As soon as the line containing "let answer = match" appears, copy it and every following line word for word until the records end.

═══ MATERIAL FOR THE TASK ═══

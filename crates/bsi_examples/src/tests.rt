//! Runs each example. One that is refused memory is run again.

use crate::asking::find_median;
use crate::encoding::{make_column, sum_up_to};
use crate::first::index_prices;
use crate::machine::load_one_of_each;
use crate::refused::Refused;
use crate::threads::run;
use bsi_library::Answer;
use std::alloc::Global;

const PRICES: [Option<i128>; 5] = [Some(250), None, Some(120), Some(1_000), Some(999)];

fn median_of_the_cheap(alloc: Global) -> Result<Answer, Refused> {
    let index = index_prices(alloc, &PRICES)?;
    Ok(find_median(&index, 500)?)
}

#[test]
fn an_index_is_asked(rt: HostRuntime) {
    let median = match median_of_the_cheap(rt.alloc()) {
        Err(_) => median_of_the_cheap(rt.alloc()),
        median => median,
    };
    assert!(rt; matches!(median, Ok(Answer::Value(Some(120)))));
}

fn sum_of_the_small(alloc: Global) -> Result<u128, Refused> {
    let column = make_column(alloc, &[5, 6_399, 6_400, 130])?;
    Ok(sum_up_to(&column, 130)?)
}

#[test]
fn a_column_of_an_own_encoding(rt: HostRuntime) {
    let sum = match sum_of_the_small(rt.alloc()) {
        Err(_) => sum_of_the_small(rt.alloc()),
        sum => sum,
    };
    assert!(rt; matches!(sum, Ok(135)));
}

#[test]
fn a_machine_with_two_feeders(rt: HostRuntime) {
    let shown = match load_one_of_each(rt.alloc()) {
        Err(_) => load_one_of_each(rt.alloc()),
        shown => shown,
    };
    assert!(rt; matches!(shown, Ok((Answer::Sum(45), Some(1)))));
}

#[test]
fn a_running_system(rt: HostRuntime) {
    let answer = match run(&rt, rt.alloc()) {
        None => run(&rt, rt.alloc()),
        answer => answer,
    };
    assert!(rt; matches!(answer, Some(Answer::Sum(20))));
}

═══

EXPECTED OUTPUT:
    let answer = match run(&rt, rt.alloc()) {
        None => run(&rt, rt.alloc()),
        answer => answer,
    };
    assert!(rt; matches!(answer, Some(Answer::Sum(20))));
}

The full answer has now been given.